That's just sad. You'd think the recruiter would know the company is looking for Indians only.
It frustrates me to see some of the job postings with "Males only" or "Indians only" or for an EA role "do not apply if you're over 24" lol


----------



## Lady Engr.

Minamiller said:


> I went for my first interview in Dubai yesterday for a PA role and feel horrible. The Chairman was a disgusting xxxxx. His interview questions:
> Are you married?
> Would you travel with me? Yes
> Would you travel with me for a long time? Yes, I travelled at least couple of times a month in my previouse work.
> No I dont care about your previous work. Can you travel anytime? Yes
> Do you like to have a good time? Me: Please define a good time!
> I don't know, are you fond of good living? Me: define good living!
> Him: dressing nice, nice cars, dinner etc...
> Me: good times and good living to me is spending time with my family!
> Him:if i ask to go for drinks would you go?
> Me: No
> Him: Why not?
> Me: Unless its a company function... I've gone for drinks with my staff and my superiors a lot. As long as its strictly business but other than that no.
> Him: Why not?
> Me: because Im a professional women.
> Him: are you saying Im not professional?
> Me: Im not here to judge you. But I will think about the role and get back to you.
> 
> Are all PA/EA roles here in Dubai going to be requiring .... Or was this just a one off?
> 
> I was so excitted to go for my first interview here in Dubai... I just felt so awful afterwards!!


Hi Minamiller!
I like the way you answer to his questions.
Like you, I experienced same.
He asked me about the job then followed by personal questions then come back to work related questions and so forth.
Until he said he is hungry and will continue the interview in the restaurant (that I should join him).
I said I am not hungry and will wait him in the reception.
He said I might lose the job if I won’t come, I ran away from his office.

So pathetic.
Cannot believe that lunch is part of interview, LOL!

Take care.
I wish you’ll have job very soon.
Good luck!


----------



## FerPR

Sorry if the question is out of place, but how does working in real estate go???? Is it a viable job option????


----------



## BedouGirl

Some interesting posts over the past day. I do believe in networking. I don't know how I would do it if I had to, but it does seem to work. Just recently, the daughter of a lady who used to work for me, came to see me. She's a graduate, with some working experience, who is articulate and presentable. She'd been on countless interviews and barely heard anything back from any of them. I networked her CV and she was lucky enough that someone else who used to work for me worked for an agency that was recruiting for a three-month post. She went for the interview and they are processing her paperwork and there is a chance it will become permanent. Good timing too I guess, but it can often be just down to that.


----------



## Minamiller

I worked for a small real estate company for a month but left due to illegitimate business practices. Employees were yelled at, not paid for several months at a time. I actually paid the receptionist 300 aed because she had no money to go home with and she was starving. It was just too inhuman to watch someone cry so much because they hadn't been paid 2 months. The next day I went straight to the owners office and demanded answers. To my surprise he was very blunt about his behaviour and almost looked like he was proud. He said let me tell you something. Im sorry but his is not America or Canada. I will not pay someone who doesn't know how to do their job blah blah.. I just walked out without looking back. I didn't get paid either but got my RERA license which he paid for.


----------



## FerPR

Wow, sorry to hear that. Was the company Emirati-owned or expat-owned????


----------



## Minamiller

Expat owned.


----------



## FerPR

Wow, that's appalling. How about searching in Abu Dhabi or nearby emirates???


----------



## Minamiller

My husband works in Dubai, my son goes to school here. I can't move to Abu dhabi.


----------



## FerPR

I thought commuting didn't take more an hour. Sorry.


----------



## TallyHo

Anywhere from 1.15 hours to over two hours, depending on where you live in Dubai and where the office is located in AD. 

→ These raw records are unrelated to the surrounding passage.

const FIRST: &[Row] = &[
    (
        "F",
        &["small"],
        &[""],
        &[(&["< 5"], &["1"]), (&["-"], &["2"])],
        "1..2 ",
    ),
    (
        "F",
        &["small"],
        &[""],
        &[(&["<= 10"], &["1"]), (&["-"], &["2"])],
        "1..1 ",
    ),
    (
        "F",
        &["small"],
        &[""],
        &[(&["> 10"], &["1"]), (&["-"], &["2"])],
        "2..2 ",
    ),
    ("F", &["small"], &["7"], &[(&["< 5"], &["1"])], "1..7 "),
    ("F", &["small"], &[""], &[(&["< 5"], &["1"])], "null 1..1 "),
    ("F", &["small"], &[""], &[(&["< 0"], &["1"])], "null "),
    ("F", &["small"], &["7"], &[], "7..7 "),
    ("F", &["none"], &[""], &[(&["< 5"], &["1"])], ""),
    ("F", &["none"], &["7"], &[(&["-"], &["1"])], "1..1 "),
    (
        "F",
        &["small"],
        &[""],
        &[(&["[1, 2, 3]"], &["1"])],
        "null 1..1 ",
    ),
    (
        "F",
        &["items"],
        &[""],
        &[(&["[1, 2]"], &["1"])],
        "null 1..1 ",
    ),
    ("F", &["parts.a"], &[""], &[(&["-"], &["1"])], "1..1 "),
    (
        "F",
        &["modulo(small, 2)"],
        &[""],
        &[(&["0"], &["1"]), (&["1"], &["2"])],
        "1..2 ",
    ),
    ("F", &["small"], &["full + 1"], &[(&["-"], &["1"])], "1..1 "),
    (
        "F",
        &["small"],
        &[""],
        &[(&["< full + 1"], &["1"]), (&["-"], &["2"])],
        "1..2 limit ",
    ),
    (
        "F",
        &["small"],
        &[""],
        &[(&["< 0"], &["full + 1"]), (&["-"], &["2"])],
        "2..2 ",
    ),
    (
        "F",
        &["full + 1"],
        &[""],
        &[(&["-"], &["1"])],
        "1..1 limit ",
    ),
    (
        "F",
        &["maybe"],
        &[""],
        &[(&["null"], &["0"]), (&["-"], &["1"])],
        "0..1 ",
    ),
    (
        "F",
        &["missing"],
        &[""],
        &[(&["null"], &["0"]), (&["-"], &["1"])],
        "0..0 ",
    ),
    ("F", &["maybe"], &[""], &[(&[">= 0"], &["1"])], "null 1..1 "),
    ("F", &["small"], &[""], &[(&["not(30)"], &["1"])], "1..1 "),
    (
        "F",
        &["small"],
        &[""],
        &[(&["not(3)"], &["1"])],
        "null 1..1 ",
    ),
    ("F", &["small"], &[""], &[(&["[1..10]"], &["1"])], "1..1 "),
    (
        "F",
        &["small"],
        &[""],
        &[(&["(1..10]"], &["1"])],
        "null 1..1 ",
    ),
    (
        "F",
        &["small"],
        &[""],
        &[(&["20, 30, <= 10"], &["1"])],
        "1..1 ",
    ),
    (
        "F",
        &["word"],
        &[""],
        &[(&["\"a\""], &["\"b\""])],
        "null \"b\" ",
    ),
    (
        "F",
        &["grade"],
        &[""],
        &[(&["\"low\""], &["\"a\""]), (&["-"], &["\"b\""])],
        "\"a\" \"b\" ",
    ),
    (
        "F",
        &["grade"],
        &[""],
        &[(&["\"none\""], &["\"a\""]), (&["-"], &["\"b\""])],
        "\"b\" ",
    ),
    (
        "F",
        &["\"low\""],
        &[""],
        &[(&["\"high\", \"low\""], &["\"a\""])],
        "\"a\" ",
    ),
    (
        "F",
        &["small", "wide"],
        &[""],
        &[(&["> 0", "> -4"], &["small"])],
        "1..10 ",
    ),
    (
        "F",
        &["small", "wide"],
        &[""],
        &[(&["> 0", "> 0"], &["small"])],
        "null 1..10 ",
    ),
];
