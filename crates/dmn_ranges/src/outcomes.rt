//! What an evaluation can give.
ghost use Rattle.std.specs.Prelude.{◌≡◌};
ghost use Rattle.dmn_ranges.specs.Steps.{given as given_of, limited as limited_of, numbers_given as numbers_given_of, either_outcomes, when as when_of};

use crate::bounded::Bounded;
use crate::range::{Range, either, joined};

/// What an evaluation can give: a value of the range, or, where this is said, that a limit is broken.
#[derive(Clone, Copy, Debug, PartialEq, Eq)]
pub struct Outcomes {
    pub range: Range,
    pub limit: bool,
}

impl Outcomes {
    /// A value of the range.
    pub fn given(range: Range) -> Outcomes
        ensures { result ≡ given_of range }
    {
        Outcomes {
            range,
            limit: false,
        }
    }

    /// The same, and that a limit is broken, where this is said.
    pub(crate) fn limited(self, limit: bool) -> Outcomes
        ensures { result ≡ limited_of limit self }
    {
        Outcomes {
            range: self.range,
            limit: either(limit, self.limit),
        }
    }
}

/// A number that is worked out, if there is one, and null where this is said.
pub(crate) fn numbers_given(nulls: bool, numbers: Option<Bounded>) -> Outcomes
    ensures { result ≡ numbers_given_of nulls numbers }
{
    match numbers {
        Some(bounded) => Outcomes {
            range: Range::numbers_or_null(nulls, Some(bounded.numbers)),
            limit: bounded.limit,
        },
        None => Outcomes::given(Range::numbers_or_null(nulls, None)),
    }
}

/// What either can give.
pub(crate) fn either_of(a: Outcomes, b: Outcomes) -> Outcomes
    ensures { result ≡ either_outcomes a b }
{
    Outcomes {
        range: joined(a.range, b.range),
        limit: either(a.limit, b.limit),
    }
}

/// What this can give where the test may hold, and otherwise nothing.
pub(crate) fn when(holds: bool, a: Outcomes) -> Outcomes
    ensures { result ≡ when_of holds a }
{
    if holds {
        a
    } else {
        Outcomes::given(Range::nothing())
    }
}
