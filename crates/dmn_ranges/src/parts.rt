//! Lists and contexts that are formed of parts.
ghost use Rattle.std.specs.Prelude.{◌≡◌};
ghost use Rattle.dmn_ranges.specs.Steps.{listed as listed_of, named_parts as named_parts_of, no_parts, with_part as with_part_of, list_of as list_of_parts, context_of as context_of_parts};

use crate::outcomes::Outcomes;
use crate::range::{Range, both, either};
use crate::size::Size;

/// The parts of a list or a context: how large they are together, and whether a limit can be broken at one of them.
#[derive(Clone, Copy)]
pub(crate) struct Parts {
    pub(crate) size: Size,
    pub(crate) limit: bool,
}

/// A list of parts of this size.
pub(crate) fn listed(size: Size) -> Outcomes
    ensures { result ≡ listed_of size }
{
    Outcomes {
        range: Range::lists_of(size.around()),
        limit: !size.fits(),
    }
}

/// A context of parts of this size, under names that are distinct where this is said.
pub(crate) fn named_parts(distinct: bool, size: Size) -> Outcomes
    ensures { result ≡ named_parts_of distinct size }
{
    Outcomes {
        range: Range::contexts_of(size.around()),
        limit: !both(distinct, size.fits()),
    }
}

impl Parts {
    pub(crate) fn none() -> Parts
        ensures { result ≡ no_parts }
    {
        Parts {
            size: Size::none(),
            limit: false,
        }
    }

    /// With one part more.
    pub(crate) fn with(self, part: Outcomes) -> Parts
        ensures { result ≡ with_part_of self part }
    {
        Parts {
            size: self.size.beside(part.range.size_of()),
            limit: either(self.limit, part.limit),
        }
    }

    /// The list of the parts.
    pub(crate) fn list(self) -> Outcomes
        ensures { result ≡ list_of_parts self }
    {
        listed(self.size).limited(self.limit)
    }

    /// The context of the parts, under names that are distinct where this is said.
    pub(crate) fn context(self, distinct: bool) -> Outcomes
        ensures { result ≡ context_of_parts distinct self }
    {
        named_parts(distinct, self.size).limited(self.limit)
    }
}
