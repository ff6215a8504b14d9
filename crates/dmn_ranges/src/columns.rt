//! What comes to the columns of the tables of decisions.
ghost use Rattle.std.specs.Prelude.{◌≡◌, ◌<◌, IfOk, OnOk, Some, length, take};
ghost use Rattle.std.specs.List.{All};
ghost use Rattle.dmn_logic.specs.LogicView.{entries_view, logic_view, members_view};
ghost use Rattle.dmn_service.specs.Plan.{HasPlacesWithin};
ghost use Rattle.dmn_ranges.specs.Services.{views};
ghost use Rattle.dmn_ranges.specs.Columns.{AddsEntries, AddsMembers, AddsTables, AreColumnsOf, StandAt, TellsEachPlace, TellsItemColumns};

use crate::boxed::box_outcomes;
use crate::names::Names;
use crate::outcomes::Outcomes;
use crate::range::ParameterRange;
use crate::service::{needed, ranges_along};
use crate::table::column_outcomes;
use dmn_logic::Logic;
use dmn_service::{Item, ServicePlan};
use std::alloc::{AllocError, Global};
use std::sync::ArcStr;

/// What comes to the tables of a decision.
#[derive(Drop)]
pub struct ToldTables {
    /// The place of the decision.
    pub place: usize,
    /// For each table of its logic, in their order, and for each column of that what its input can be.
    pub tables: Vec<Vec<Outcomes>>,
}

/// What comes to the tables of the decisions that a service needs, in the order of its plan, where the values of its parameters lie in
/// these domains. The analysis of tables takes at most twice so many steps.
pub fn columns_of_service(
    alloc: Global,
    items: &[Item],
    service: &ServicePlan,
    domains: &[ParameterRange],
    steps: u64,
) -> Result<Vec<ToldTables>, AllocError>
    requires places { HasPlacesWithin items.now service.now }
    requires domains { length domains.now ≡ length service.now.parameters.items }
    ensures columns { IfOk result (λ columns. AreColumnsOf items.now service.now domains.now columns.items) }
    ensures places { IfOk result (λ columns. StandAt service.now.order.items columns.items) }
{
    let along = ranges_along(alloc, items, service, domains, steps)?;
    let mut rest = steps;
    let columns = columns_along(
        alloc,
        items,
        &service.order,
        &along.told,
        &along.known,
        &mut rest,
    )?;
    Ok(columns)
}

// Adds what comes to the columns of the tables of a boxed expression. It goes as deep as that is.
#[cycle(columns)]
fn add_tables(
    alloc: Global,
    logic: &Logic,
    names: &mut Names,
    columns: &mut Vec<Vec<Outcomes>>,
    steps: &mut u64,
) -> Result<(), AllocError>
    ensures tables { OnOk result (AddsTables names.old (logic_view logic.now) columns.old.items columns.new.items) }
    ensures names { OnOk result (names.new ≡ names.old) }
{
    match logic {
        Logic::Expression(_) => Ok(()),
        Logic::Table(table) => {
            let inputs = column_outcomes(alloc, table.inputs(), names)?;
            columns.push(inputs)?;
            Ok(())
        }
        Logic::List(logics) => {
            add_members(alloc, logics, names, columns, steps)?;
            Ok(())
        }
        Logic::Context(entries) => {
            let count = names.len();
            add_entries(alloc, entries, names, columns, steps)?;
            names.cut(count);
            Ok(())
        }
        Logic::ContextWith(entries, last) => {
            let count = names.len();
            add_entries(alloc, entries, names, columns, steps)?;
            add_tables(alloc, last, names, columns, steps)?;
            names.cut(count);
            Ok(())
        }
    }
}

#[cycle(columns)]
fn add_members(
    alloc: Global,
    logics: &[Logic],
    names: &mut Names,
    columns: &mut Vec<Vec<Outcomes>>,
    steps: &mut u64,
) -> Result<(), AllocError>
    ensures tables { OnOk result (AddsMembers names.old (members_view logics.now) columns.old.items columns.new.items) }
    ensures names { OnOk result (names.new ≡ names.old) }
{
    for logic in logics {
        add_tables(alloc, logic, names, columns, steps)?;
    }
    Ok(())
}

// Binds the entries behind the names.
#[cycle(columns)]
fn add_entries(
    alloc: Global,
    entries: &[(ArcStr, Logic)],
    names: &mut Names,
    columns: &mut Vec<Vec<Outcomes>>,
    steps: &mut u64,
) -> Result<(), AllocError>
    ensures tables { OnOk result (AddsEntries names.old (entries_view entries.now) columns.old.items columns.new.items names.new) }
    ensures names { OnOk result (take (length names.old) names.new ≡ names.old) }
{
    for (name, logic) in entries {
        add_tables(alloc, logic, names, columns, steps)?;
        let told = box_outcomes(alloc, logic, names, steps)?;
        names.bind(alloc, name.as_str(), told.range, None)?;
    }
    Ok(())
}

// What comes to the tables of an item's logic, from what was told of its needs.
fn item_columns(
    alloc: Global,
    items: &[Item],
    item: &Item,
    told: &[Outcomes],
    known: &[Option<&ParameterRange>],
    steps: &mut u64,
) -> Result<Vec<Vec<Outcomes>>, AllocError>
    requires { All (λ q. q < length items.now) item.now.needs.items }
    ensures { IfOk result (λ columns. TellsItemColumns items.now (told.now, views known.now) item.now columns.items) }
{
    let mut columns = Vec::new(alloc);
    let Some(logic) = &item.logic else {
        return Ok(columns);
    };
    let mut names = needed(alloc, items, &item.needs, told, known)?;
    add_tables(alloc, logic, &mut names, &mut columns, steps)?;
    Ok(columns)
}

// The same of each of these places.
fn columns_along(
    alloc: Global,
    items: &[Item],
    order: &[usize],
    told: &[Outcomes],
    known: &[Option<&ParameterRange>],
    steps: &mut u64,
) -> Result<Vec<ToldTables>, AllocError>
    requires order { All (λ q. q < length items.now) order.now }
    requires needs { All (λ x. All (λ q. q < length items.now) x.needs.items) items.now }
    ensures told { IfOk result (λ columns. TellsEachPlace items.now (told.now, views known.now) columns.items) }
    ensures places { IfOk result (λ columns. StandAt order.now columns.items) }
{
    let mut columns = Vec::with_capacity(alloc, order.len())?;
    for place in order {
        let place = *place;
        let tables = item_columns(alloc, items, &items[place], told, known, steps)?;
        columns.push(ToldTables { place, tables })?;
    }
    Ok(columns)
}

It's a horrendous commute.



FerPR said:


> I thought commuting didn't take more an hour. Sorry.


----------



## Gavtek

It's probably not going to be much better through there either.


----------



## twowheelsgood

Minamiller said:


> Expat owned.


Report their business practices to the MoL and do everyone a favour.

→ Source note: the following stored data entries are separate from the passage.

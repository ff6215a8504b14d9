//! How large values are.
ghost use Rattle.std.specs.Prelude.{◌≡◌};
ghost use Rattle.dmn_ranges.specs.Sizes.{no_size, any_size, more as more_of, larger as larger_of, capped as capped_of, beside as beside_of, times as times_of, fits as fits_of, around as around_of};

const MOST_NODES: u32 = 10_000;

const MOST_DEPTH: u32 = 100;

/// How many nodes a list or a context has at most, and how deep it is at most. A scalar has one node, and is 1 deep.
#[derive(Clone, Copy, Debug, PartialEq, Eq)]
pub struct Size {
    pub nodes: u32,
    pub depth: u32,
}

fn more(a: u32, b: u32) -> u32
    ensures { result ≡ more_of a b }
{
    if a < b { b } else { a }
}

// As many nodes as no list and no context can have inside are not told apart.
fn capped(nodes: u128) -> u32
    ensures { result ≡ capped_of nodes }
{
    if nodes < 10_000 {
        nodes as u32
    } else {
        MOST_NODES
    }
}

impl Size {
    /// Of no list and no context.
    pub fn none() -> Size
        ensures { result ≡ no_size }
    {
        Size { nodes: 0, depth: 0 }
    }

    /// Of any value.
    pub fn any() -> Size
        ensures { result ≡ any_size }
    {
        Size {
            nodes: MOST_NODES,
            depth: MOST_DEPTH,
        }
    }

    /// As large as both.
    pub(crate) fn larger(self, other: Size) -> Size
        ensures { result ≡ larger_of self other }
    {
        Size {
            nodes: more(self.nodes, other.nodes),
            depth: more(self.depth, other.depth),
        }
    }

    /// Of the parts of both.
    pub(crate) fn beside(self, other: Size) -> Size
        ensures { result ≡ beside_of self other }
    {
        Size {
            nodes: capped(u128::from(self.nodes) + u128::from(other.nodes)),
            depth: more(self.depth, other.depth),
        }
    }

    /// Of so many parts.
    pub(crate) fn times(self, parts: usize) -> Size
        ensures { result ≡ times_of parts self }
    {
        Size {
            nodes: capped(parts as u128 * u128::from(self.nodes)),
            depth: self.depth,
        }
    }

    /// Whether a list or a context of such parts keeps the limits of size.
    pub(crate) fn fits(self) -> bool
        ensures { result ≡ fits_of self }
    {
        self.nodes < MOST_NODES && self.depth < MOST_DEPTH
    }

    /// Of a list or a context of such parts, if it is a value.
    pub(crate) fn around(self) -> Size
        ensures { result ≡ around_of self }
    {
        if self.nodes < MOST_NODES && self.depth < MOST_DEPTH {
            Size {
                nodes: self.nodes + 1,
                depth: self.depth + 1,
            }
        } else {
            Size::any()
        }
    }
}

Not paying salaries of staff is a serious breach.


----------



## Minamiller

If I'm going to report him to the authorities for what he did then I'd have to spend 2 hours a day on the phone reporting things. Cause they're plenty. Plus, to my knowledge everyone left after I did. Also his wife was a sweet and kind women with disabled triplets.


----------



## tahir29

Disgusting people, makes me sick. 

Minamiller, what sort of job you looking for? I have contacts that are unable to aid myself but I can send you a spreadsheet with contact details of people to ring and they can either help you or point you to the right direct. 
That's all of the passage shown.